Page 1 of 1

False Nearest Neighbors strange behavior

Posted: Mon Jan 14, 2013 17:40
by Alveuz
Hey there,

currently im working with CRP trying to reconstruct the phase space of financial time series but Im obtaining weird results, ill try to make me clear.
In order to obtain a delay embedding coordinates representation from financial time series, we are using Mutual Information (MI) and False Nearest Neighbors (FNN) as proposed by [Takens, 1981]; the implementation is based on CRP classes working in MATLAB 2009b environment. As far as we understand, Mutual Information and False Nearest Neighbors are deterministic methods, in this sense, as long as the same data and the same parameters are used MI and FNN they must provide the exact same results, right? This conception makes CRP's FNN results difficult to understand. So here comes our questions:
1. First, why would the MAX DIMENSION parameter would affect the Embedding dimension obtained? FNN states as false nearest neighbor any vector which would not satisfy two criteria: The euclidian distance between two vectors with two difference sizes would not be greater than a R_tol Threshold, and the degree of dispersion between a vector and all vectors standard deviation would not be greater than a R_accept threshold. We dont understand why when we change in the MAX DIMENSION parameter we dont obtained the same embedding dimension (keep in mind that we always increase this parameter from ranges of 20-50)
2. Even when using the same exact parameters (DATA, MAX DIMENSION, TIME DELAY, NEIGHBOURHOOD CRITERION, NEIGHBOURHOOD SIZE, 'EUCLIDIAN DISTANCE'), running several times the programm we obtain several results for the correct embedding dimension.

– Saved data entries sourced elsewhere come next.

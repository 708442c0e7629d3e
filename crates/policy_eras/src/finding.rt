//! Which era a tile or a granule lies in.

ghost use Rattle.std.specs.Prelude.{◌≡◌, ◌≤◌, ◌<◌, ◌^◌, ◌+◌, ◌&&◌, nat_le, nat_lt, Decides, if◌then◌else◌, length, map, filter};
ghost use Rattle.digest_model.specs.Layout.{Era as LayoutEra, layout_by, first_granule, end_granule, tile_of, max_granules, is_next, last_tile, exponent, has_tile_chains, has_tree};
ghost use Rattle.std.specs.List.{slice_get};
ghost use Rattle.digest_model.specs.Eras.{is_below};
ghost use Rattle.policy_eras.specs.Policy.{AreEras, IsLastAt, IsLastWithin, as_era, has_leaves, is_hashed, policy};

use crate::era::Era;

/// The next era where it has begun at the tile.
fn later_at(found: Era, next: Era, tile: u32) -> Era
    ensures { result ≡ (if nat_le next.tile tile then next else found) }
{
    if next.tile <= tile { next } else { found }
}

/// The last era that begins at a tile or before it.
pub(crate) fn era_at(first: Era, later: &[Era], tile: u32) -> Era
    requires { first.tile ≤ tile }
    ensures { IsLastAt first later.now tile result }
{
    let mut found = first;
    for next in later {
        found = later_at(found, *next, tile);
    }
    found
}

/// The first granule of a tile.
pub(crate) fn first_of(first: Era, later: &[Era], tile: u32) -> u64
    requires { AreEras first later.now }
    ensures value { result ≡ first_granule (layout_by (policy first later.now)) tile }
    ensures small { result < 2 ^ 43 }
{
    if later.is_empty() {
        return u64::from(tile) << first.k;
    }
    let era = era_at(first, later, tile);
    u64::from(era.granule) + (u64::from(tile - era.tile) << era.k)
}

/// One where the era begins at one of the first tiles.
fn counted(era: Era, tiles: u64) -> u32
    ensures { result ≡ (if nat_lt era.tile tiles then 1 else 0) }
{
    if u64::from(era.tile) < tiles { 1 } else { 0 }
}

/// How many of the eras begin at one of the first tiles.
pub(crate) fn count_below(later: &[Era], tiles: u64) -> u32
    requires { length later.now ≤ 255 }
    ensures value { result ≡ length (filter (is_below tiles) (map as_era later.now)) }
    ensures few { result ≤ 255 }
{
    let mut count = 0;
    for era in later {
        count += counted(*era, tiles);
    }
    count
}

/// The next era where it begins at the granule or before it.
fn later_within(found: Era, next: Era, granule: u32) -> Era
    ensures { result ≡ (if nat_le next.granule granule then next else found) }
{
    if next.granule <= granule { next } else { found }
}

/// The last era that begins at a granule or before it.
pub(crate) fn era_within(first: Era, later: &[Era], granule: u32) -> Era
    requires { first.granule ≤ granule }
    ensures { IsLastWithin first later.now granule result }
{
    let mut found = first;
    for next in later {
        found = later_within(found, *next, granule);
    }
    found
}

/// The tile of a granule.
pub(crate) fn tile_at(first: Era, later: &[Era], granule: u32) -> u32
    requires eras { AreEras first later.now }
    requires within { granule ≤ max_granules }
    ensures { result ≡ tile_of (layout_by (policy first later.now)) granule }
{
    if later.is_empty() {
        return granule >> first.k;
    }
    let era = era_within(first, later, granule);
    era.tile + ((granule - era.granule) >> era.k)
}

fn all_three(a: bool, b: bool, c: bool) -> bool
    ensures { result ≡ (a && b && c) }
{
    a && b && c
}

/// Whether a change is the next era, where these are those so far.
pub(crate) fn is_next(first: Era, later: &[Era], tile: u32, granule: u32) -> bool
    requires { AreEras first later.now }
    ensures { (era : LayoutEra) → era.tile ≡ tile → result ≡ is_next (policy first later.now) era granule }
{
    let few = later.len() < 255;
    let behind = last_tile(first, later) <= tile;
    let placed = u64::from(granule) == first_of(first, later, tile);
    all_three(few, behind, placed)
}

/// The tile of the last era.
fn last_tile(first: Era, later: &[Era]) -> u32
    ensures { result ≡ last_tile (as_era first) (map as_era later.now) }
{
    let mut last = first;
    for era in later {
        last = *era;
    }
    last.tile
}

/// The exponent of a tile.
pub(crate) fn exponent_at(first: Era, later: &[Era], tile: u32) -> u8
    requires { AreEras first later.now }
    ensures value { result ≡ exponent (layout_by (policy first later.now)) tile }
    ensures few { result ≤ 10 }
{
    era_at(first, later, tile).k
}

/// Whether a tile has the chains of its parts.
pub(crate) fn has_chains_at(first: Era, later: &[Era], tile: u32) -> bool
    requires { AreEras first later.now }
    ensures { result ≡ has_tile_chains (layout_by (policy first later.now)) tile }
{
    era_at(first, later, tile).algs & 1 == 1
}

/// Whether the granules of a tile are leaves of a tree.
pub(crate) fn has_tree_at(first: Era, later: &[Era], tile: u32) -> bool
    requires { AreEras first later.now }
    ensures { result ≡ has_tree (layout_by (policy first later.now)) tile }
{
    (era_at(first, later, tile).algs >> 1) & 1 == 1
}

/// Whether two eras are one.
pub(crate) fn is_era(a: Era, b: Era) -> bool
    ensures { Decides result (a ≡ b) }
{
    a == b
}

/// Whether two lists have the same eras.
pub(crate) fn are_eras(xs: &[Era], ys: &[Era]) -> bool
    ensures { Decides result (xs.now ≡ ys.now) }
{
    xs == ys
}

/// Whether the granules of an era's tiles are hashed, for the chains of parts or for the tree.
fn is_hashed(era: Era) -> bool
    ensures { result ≡ is_hashed (as_era era) }
{
    era.algs & 1 == 1 || (era.algs >> 1) & 1 == 1
}

/// Whether those of some era are.
pub(crate) fn has_leaves_in(first: Era, later: &[Era]) -> bool
    ensures { result ≡ has_leaves (policy first later.now) }
{
    let mut found = is_hashed(first);
    for era in later {
        found |= is_hashed(*era);
    }
    found
}

/// The one of a place.
pub(crate) fn nth(later: &[Era], place: u32) -> Option<Era>
    ensures { result ≡ slice_get later.now place }
{
    later.get(place as usize).copied()
}

/// One more than the last granule of a tile.
pub(crate) fn end_of(first: Era, later: &[Era], tile: u32) -> u64
    requires { AreEras first later.now }
    ensures { result ≡ end_granule (layout_by (policy first later.now)) tile }
{
    first_of(first, later, tile) + (1u64 << exponent_at(first, later, tile))
}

We would appreciate any information about this issue.
Thanks in advance

Guillermo Santamaria :mrgreen:

Re: False Nearest Neighbors strange behavior

Posted: Tue Feb 5, 2013 18:23
by Norbert
Hi,

the answer is simple. Because of the long time, a Matlab code will need to calculate the false nearest neighbours, not all points are used, but instead only a subset of 200 points. These points are randomly chosen, therefore, causing slightly different results when calling this function several times. This caveat is mentioned in the help text of this function. If you need a calculation using all points, simply specify it:
Y=fnn(X,M,T,R,S,N)
where N should then be the length of the time series. Then, also the parameter max-dim will not have any impact on the number of false nearest neighbours, as this was also only an effect of the randomly drawn samples.

Mostly, the difference of the results is not very strong, as the tendency of the drop of the number of false nearest neighbours is mostly unaffected. For a rough estimation for the embedding dimension it is enough.

If you need a faster implementation using all data points, you might think about a C implementation (e.g., TISEAN should contain one).

I hope this clarifies this issue.

Best regards
Norbert

Re: False Nearest Neighbors strange behavior

Posted: Sun Feb 10, 2013 21:32
by viniciusjdv
Prof. Norbert,
I want to know what those parameters mean: R and S, on the function fnn.

Thanks

Re: False Nearest Neighbors strange behavior

Posted: Thu Feb 21, 2013 21:15
by Norbert
Please have a look at
Kennel, M. B., Brown, R., Abarbanel, H. D. I.: Determining embedding dimension for phase-space reconstruction using a geometrical construction, Phys. Rev. A, 45, 1992.